**What the task asks**. All lines of the records below that contain the word "filename" must be listed.
::: Stored data
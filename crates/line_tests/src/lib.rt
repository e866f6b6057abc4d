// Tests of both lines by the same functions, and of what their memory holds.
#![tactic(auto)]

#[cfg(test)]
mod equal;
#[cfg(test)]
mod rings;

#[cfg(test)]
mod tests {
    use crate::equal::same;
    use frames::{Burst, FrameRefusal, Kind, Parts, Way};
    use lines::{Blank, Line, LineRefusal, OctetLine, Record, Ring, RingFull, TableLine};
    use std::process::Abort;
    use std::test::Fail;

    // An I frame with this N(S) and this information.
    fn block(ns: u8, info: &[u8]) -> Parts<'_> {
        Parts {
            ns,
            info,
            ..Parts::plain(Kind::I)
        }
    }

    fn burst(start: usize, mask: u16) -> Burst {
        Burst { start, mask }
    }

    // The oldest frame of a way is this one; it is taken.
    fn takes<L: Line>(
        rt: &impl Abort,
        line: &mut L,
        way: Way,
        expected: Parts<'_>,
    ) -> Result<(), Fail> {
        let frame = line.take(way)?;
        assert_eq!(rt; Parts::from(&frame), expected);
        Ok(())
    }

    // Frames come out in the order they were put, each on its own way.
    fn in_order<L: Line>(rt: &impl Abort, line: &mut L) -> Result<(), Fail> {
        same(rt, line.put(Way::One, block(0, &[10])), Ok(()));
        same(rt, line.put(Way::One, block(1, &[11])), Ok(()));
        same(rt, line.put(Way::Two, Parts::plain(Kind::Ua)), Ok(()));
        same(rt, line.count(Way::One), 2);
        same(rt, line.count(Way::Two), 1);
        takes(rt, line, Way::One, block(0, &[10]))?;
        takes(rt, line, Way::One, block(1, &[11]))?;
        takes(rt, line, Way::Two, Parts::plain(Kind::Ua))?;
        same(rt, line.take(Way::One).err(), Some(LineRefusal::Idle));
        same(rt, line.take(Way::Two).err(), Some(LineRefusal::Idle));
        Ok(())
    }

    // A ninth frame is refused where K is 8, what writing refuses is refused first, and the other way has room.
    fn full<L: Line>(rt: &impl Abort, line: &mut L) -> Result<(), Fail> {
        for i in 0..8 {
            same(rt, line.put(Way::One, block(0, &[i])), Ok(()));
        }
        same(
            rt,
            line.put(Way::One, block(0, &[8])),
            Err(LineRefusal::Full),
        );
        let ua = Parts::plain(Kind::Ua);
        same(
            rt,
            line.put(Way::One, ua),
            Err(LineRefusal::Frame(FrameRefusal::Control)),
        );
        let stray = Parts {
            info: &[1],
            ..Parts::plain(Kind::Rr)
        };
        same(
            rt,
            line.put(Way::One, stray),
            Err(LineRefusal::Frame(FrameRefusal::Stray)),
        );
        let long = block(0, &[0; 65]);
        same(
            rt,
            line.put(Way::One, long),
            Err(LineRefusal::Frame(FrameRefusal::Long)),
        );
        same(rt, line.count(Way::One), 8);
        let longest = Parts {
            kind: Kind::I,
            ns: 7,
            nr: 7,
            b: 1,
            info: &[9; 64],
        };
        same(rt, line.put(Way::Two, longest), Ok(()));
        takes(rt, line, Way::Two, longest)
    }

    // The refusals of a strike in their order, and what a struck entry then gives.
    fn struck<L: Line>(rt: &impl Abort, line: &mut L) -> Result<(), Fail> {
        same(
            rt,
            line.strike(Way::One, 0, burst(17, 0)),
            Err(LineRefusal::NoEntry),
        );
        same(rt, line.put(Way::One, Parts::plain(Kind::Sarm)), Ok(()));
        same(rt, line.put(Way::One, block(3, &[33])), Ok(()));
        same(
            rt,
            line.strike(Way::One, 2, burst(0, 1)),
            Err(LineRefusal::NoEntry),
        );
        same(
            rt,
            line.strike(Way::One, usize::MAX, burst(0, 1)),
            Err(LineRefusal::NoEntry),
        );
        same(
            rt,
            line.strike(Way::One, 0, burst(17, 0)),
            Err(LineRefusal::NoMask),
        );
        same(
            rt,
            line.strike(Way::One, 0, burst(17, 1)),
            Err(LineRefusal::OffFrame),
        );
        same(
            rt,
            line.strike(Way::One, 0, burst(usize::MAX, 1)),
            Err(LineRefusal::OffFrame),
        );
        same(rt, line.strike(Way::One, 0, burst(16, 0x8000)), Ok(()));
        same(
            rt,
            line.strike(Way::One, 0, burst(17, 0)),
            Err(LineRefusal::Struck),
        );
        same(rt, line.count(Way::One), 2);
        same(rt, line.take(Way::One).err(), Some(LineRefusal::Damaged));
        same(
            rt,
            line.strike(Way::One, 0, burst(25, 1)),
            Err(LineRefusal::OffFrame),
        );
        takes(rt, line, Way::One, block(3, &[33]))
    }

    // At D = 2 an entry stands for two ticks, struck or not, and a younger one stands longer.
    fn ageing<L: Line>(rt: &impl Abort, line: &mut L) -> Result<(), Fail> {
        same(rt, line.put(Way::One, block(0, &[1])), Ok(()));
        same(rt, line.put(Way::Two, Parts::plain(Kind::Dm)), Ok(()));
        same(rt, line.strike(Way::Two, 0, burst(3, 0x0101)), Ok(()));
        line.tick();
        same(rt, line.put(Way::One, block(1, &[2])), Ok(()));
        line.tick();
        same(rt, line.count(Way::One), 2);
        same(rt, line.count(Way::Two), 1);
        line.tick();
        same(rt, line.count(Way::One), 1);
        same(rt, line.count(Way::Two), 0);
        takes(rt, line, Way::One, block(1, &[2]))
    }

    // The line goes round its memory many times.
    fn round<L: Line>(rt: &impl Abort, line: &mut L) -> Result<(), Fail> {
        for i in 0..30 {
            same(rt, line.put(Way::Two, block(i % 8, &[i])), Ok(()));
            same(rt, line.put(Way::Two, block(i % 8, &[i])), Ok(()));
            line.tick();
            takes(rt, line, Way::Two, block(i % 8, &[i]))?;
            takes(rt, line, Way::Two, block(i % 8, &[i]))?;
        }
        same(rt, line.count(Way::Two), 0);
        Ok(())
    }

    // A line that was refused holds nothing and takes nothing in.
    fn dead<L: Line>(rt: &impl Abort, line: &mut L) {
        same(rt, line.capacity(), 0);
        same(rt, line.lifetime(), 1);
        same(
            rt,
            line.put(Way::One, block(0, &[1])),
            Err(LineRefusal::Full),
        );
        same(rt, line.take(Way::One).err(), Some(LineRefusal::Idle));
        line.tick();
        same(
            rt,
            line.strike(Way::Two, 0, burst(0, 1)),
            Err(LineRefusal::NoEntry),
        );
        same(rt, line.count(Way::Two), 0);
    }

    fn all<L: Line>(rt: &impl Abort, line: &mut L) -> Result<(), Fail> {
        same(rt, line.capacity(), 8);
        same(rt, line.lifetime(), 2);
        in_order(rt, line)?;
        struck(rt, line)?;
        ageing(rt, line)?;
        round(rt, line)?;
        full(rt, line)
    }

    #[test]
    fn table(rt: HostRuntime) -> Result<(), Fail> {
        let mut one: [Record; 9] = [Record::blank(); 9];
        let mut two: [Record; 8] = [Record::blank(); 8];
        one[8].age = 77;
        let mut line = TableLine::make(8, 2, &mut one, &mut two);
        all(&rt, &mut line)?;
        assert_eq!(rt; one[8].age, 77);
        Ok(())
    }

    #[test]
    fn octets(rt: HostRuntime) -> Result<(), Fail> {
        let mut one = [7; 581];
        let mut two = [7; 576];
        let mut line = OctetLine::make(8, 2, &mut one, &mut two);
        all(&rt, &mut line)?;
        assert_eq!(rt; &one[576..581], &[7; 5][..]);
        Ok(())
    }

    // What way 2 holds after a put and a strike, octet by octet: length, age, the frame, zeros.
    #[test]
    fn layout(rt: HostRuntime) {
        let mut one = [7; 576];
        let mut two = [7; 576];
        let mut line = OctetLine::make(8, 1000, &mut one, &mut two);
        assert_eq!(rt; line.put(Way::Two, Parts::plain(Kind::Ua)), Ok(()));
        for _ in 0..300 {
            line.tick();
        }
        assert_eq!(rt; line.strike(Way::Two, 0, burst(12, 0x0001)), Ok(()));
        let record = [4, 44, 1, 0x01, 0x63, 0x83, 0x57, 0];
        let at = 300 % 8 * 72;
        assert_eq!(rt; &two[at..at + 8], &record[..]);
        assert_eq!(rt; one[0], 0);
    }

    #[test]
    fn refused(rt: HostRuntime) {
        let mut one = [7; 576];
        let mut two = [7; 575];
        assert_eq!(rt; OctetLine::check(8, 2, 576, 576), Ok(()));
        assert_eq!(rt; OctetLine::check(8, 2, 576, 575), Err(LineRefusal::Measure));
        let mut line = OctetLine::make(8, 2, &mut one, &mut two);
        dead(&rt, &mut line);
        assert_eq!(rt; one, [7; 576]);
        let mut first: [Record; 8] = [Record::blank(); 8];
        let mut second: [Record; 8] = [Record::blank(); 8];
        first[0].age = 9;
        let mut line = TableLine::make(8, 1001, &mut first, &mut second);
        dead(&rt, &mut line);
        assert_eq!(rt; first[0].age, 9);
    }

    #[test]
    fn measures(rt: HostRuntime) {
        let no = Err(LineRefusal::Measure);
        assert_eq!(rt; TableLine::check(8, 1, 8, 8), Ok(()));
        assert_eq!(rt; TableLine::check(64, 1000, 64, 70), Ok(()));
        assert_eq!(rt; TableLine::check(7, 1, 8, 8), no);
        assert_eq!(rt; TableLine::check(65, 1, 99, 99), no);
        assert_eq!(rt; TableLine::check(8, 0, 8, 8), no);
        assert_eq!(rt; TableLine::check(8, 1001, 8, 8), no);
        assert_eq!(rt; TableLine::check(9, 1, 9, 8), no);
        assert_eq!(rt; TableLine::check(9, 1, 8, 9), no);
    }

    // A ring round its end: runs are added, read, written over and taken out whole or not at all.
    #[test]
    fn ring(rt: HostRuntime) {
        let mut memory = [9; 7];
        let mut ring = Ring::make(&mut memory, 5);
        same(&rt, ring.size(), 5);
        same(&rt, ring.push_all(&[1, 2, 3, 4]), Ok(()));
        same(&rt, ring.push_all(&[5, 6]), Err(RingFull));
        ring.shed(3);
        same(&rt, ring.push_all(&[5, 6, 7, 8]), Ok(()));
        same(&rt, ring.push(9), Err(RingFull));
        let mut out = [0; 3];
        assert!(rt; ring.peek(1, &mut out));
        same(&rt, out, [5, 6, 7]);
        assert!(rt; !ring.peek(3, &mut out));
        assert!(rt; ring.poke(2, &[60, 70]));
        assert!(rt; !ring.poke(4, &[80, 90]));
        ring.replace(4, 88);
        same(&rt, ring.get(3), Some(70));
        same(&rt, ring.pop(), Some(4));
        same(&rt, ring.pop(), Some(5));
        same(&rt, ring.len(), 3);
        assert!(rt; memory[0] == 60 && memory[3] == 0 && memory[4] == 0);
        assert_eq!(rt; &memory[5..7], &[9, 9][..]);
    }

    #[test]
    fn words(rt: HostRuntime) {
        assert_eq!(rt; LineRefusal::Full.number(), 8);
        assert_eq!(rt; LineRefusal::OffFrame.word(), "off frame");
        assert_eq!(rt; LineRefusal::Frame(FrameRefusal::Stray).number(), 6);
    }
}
::::::
::: Stored data
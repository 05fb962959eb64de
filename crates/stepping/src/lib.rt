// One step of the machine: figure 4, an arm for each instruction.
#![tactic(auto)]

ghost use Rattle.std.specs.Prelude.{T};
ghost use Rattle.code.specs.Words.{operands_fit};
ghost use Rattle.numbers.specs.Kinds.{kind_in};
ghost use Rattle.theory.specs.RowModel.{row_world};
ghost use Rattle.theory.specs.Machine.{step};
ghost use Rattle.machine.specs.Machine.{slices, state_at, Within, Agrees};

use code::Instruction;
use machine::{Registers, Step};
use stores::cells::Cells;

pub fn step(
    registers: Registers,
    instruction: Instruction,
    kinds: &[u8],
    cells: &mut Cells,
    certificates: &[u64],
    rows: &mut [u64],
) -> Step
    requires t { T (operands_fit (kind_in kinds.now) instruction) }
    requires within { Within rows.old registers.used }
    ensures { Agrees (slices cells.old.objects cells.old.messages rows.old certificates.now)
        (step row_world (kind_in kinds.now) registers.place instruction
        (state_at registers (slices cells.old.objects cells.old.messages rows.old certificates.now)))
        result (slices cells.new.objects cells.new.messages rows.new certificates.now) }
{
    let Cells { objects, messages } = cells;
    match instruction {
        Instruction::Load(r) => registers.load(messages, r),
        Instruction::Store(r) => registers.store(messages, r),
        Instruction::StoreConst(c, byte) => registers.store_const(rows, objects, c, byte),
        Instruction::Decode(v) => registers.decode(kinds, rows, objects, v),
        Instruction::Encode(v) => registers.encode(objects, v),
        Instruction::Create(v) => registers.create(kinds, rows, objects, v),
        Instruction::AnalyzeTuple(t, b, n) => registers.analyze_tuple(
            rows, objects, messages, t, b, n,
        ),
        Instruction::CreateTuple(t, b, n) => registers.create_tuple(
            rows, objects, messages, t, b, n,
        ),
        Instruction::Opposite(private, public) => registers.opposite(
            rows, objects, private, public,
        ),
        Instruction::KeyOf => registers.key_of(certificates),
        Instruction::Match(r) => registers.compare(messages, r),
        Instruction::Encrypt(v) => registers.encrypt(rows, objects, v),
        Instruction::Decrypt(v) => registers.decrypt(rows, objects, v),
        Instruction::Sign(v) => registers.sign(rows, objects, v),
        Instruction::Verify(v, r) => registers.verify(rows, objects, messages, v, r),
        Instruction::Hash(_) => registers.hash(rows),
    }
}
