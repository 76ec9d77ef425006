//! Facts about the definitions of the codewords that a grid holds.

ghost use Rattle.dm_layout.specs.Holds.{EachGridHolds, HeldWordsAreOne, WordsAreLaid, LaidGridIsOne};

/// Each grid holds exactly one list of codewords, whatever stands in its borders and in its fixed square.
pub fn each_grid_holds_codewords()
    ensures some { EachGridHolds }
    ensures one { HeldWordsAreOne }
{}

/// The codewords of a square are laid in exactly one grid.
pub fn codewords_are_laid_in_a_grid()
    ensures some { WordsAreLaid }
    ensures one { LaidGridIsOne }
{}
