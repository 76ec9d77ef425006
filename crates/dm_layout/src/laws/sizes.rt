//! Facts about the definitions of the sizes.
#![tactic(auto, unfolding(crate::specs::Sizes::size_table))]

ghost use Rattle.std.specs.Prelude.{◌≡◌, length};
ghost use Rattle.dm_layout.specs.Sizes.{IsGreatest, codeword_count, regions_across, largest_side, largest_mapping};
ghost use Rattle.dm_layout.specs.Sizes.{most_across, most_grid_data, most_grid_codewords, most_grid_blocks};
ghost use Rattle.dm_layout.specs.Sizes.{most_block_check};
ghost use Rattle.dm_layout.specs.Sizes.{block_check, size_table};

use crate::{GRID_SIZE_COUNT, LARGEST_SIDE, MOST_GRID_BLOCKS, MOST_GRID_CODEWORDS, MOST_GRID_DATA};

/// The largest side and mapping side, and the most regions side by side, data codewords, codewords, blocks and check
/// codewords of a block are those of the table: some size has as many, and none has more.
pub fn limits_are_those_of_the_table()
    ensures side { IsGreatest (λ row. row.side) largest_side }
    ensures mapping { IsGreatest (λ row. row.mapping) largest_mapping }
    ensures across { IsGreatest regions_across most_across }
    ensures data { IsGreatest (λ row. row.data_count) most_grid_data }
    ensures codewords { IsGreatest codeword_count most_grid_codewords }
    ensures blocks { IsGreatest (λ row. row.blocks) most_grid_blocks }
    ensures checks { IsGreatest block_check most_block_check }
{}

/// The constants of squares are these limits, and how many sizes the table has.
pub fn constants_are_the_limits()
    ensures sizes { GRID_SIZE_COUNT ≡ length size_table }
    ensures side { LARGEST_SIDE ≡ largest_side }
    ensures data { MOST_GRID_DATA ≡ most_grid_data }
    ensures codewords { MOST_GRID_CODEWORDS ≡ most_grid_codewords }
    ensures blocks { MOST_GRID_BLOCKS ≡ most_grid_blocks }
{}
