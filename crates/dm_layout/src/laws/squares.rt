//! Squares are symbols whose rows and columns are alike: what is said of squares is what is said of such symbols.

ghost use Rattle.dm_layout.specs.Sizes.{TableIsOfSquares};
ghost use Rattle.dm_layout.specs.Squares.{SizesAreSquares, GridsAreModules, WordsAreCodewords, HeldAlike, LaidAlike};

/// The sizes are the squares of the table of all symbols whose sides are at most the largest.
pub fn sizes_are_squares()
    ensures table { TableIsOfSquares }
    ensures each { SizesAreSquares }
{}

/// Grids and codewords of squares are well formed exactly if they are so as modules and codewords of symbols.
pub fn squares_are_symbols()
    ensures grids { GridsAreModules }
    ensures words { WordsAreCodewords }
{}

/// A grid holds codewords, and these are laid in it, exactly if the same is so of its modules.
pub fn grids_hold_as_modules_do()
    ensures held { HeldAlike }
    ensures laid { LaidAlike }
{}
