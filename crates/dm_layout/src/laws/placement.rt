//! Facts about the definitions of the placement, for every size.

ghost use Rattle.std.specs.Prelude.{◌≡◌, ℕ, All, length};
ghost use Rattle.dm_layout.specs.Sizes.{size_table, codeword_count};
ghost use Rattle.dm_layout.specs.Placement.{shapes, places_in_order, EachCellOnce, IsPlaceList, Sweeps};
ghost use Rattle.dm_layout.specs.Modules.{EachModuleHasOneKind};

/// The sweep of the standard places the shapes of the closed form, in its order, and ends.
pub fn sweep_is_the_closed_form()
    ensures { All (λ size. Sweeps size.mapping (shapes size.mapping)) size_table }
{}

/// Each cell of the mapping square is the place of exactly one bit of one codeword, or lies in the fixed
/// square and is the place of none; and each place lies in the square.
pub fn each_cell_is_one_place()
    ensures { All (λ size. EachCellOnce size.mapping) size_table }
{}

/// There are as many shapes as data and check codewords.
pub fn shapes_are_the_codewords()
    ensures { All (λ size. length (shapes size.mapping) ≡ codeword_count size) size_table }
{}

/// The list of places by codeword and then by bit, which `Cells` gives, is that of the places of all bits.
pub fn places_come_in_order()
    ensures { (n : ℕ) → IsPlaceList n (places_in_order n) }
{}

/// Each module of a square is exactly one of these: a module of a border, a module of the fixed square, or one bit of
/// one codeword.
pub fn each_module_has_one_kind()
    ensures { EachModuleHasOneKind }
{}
::::::
**Reply**.
filename crates/line_tests/src/lib.rt
filename crates/stepping/src/lib.rt
filename crates/dm_layout/src/laws/sizes.rt
filename crates/dm_layout/src/laws/squares.rt
filename crates/dm_layout/src/laws/placement.rt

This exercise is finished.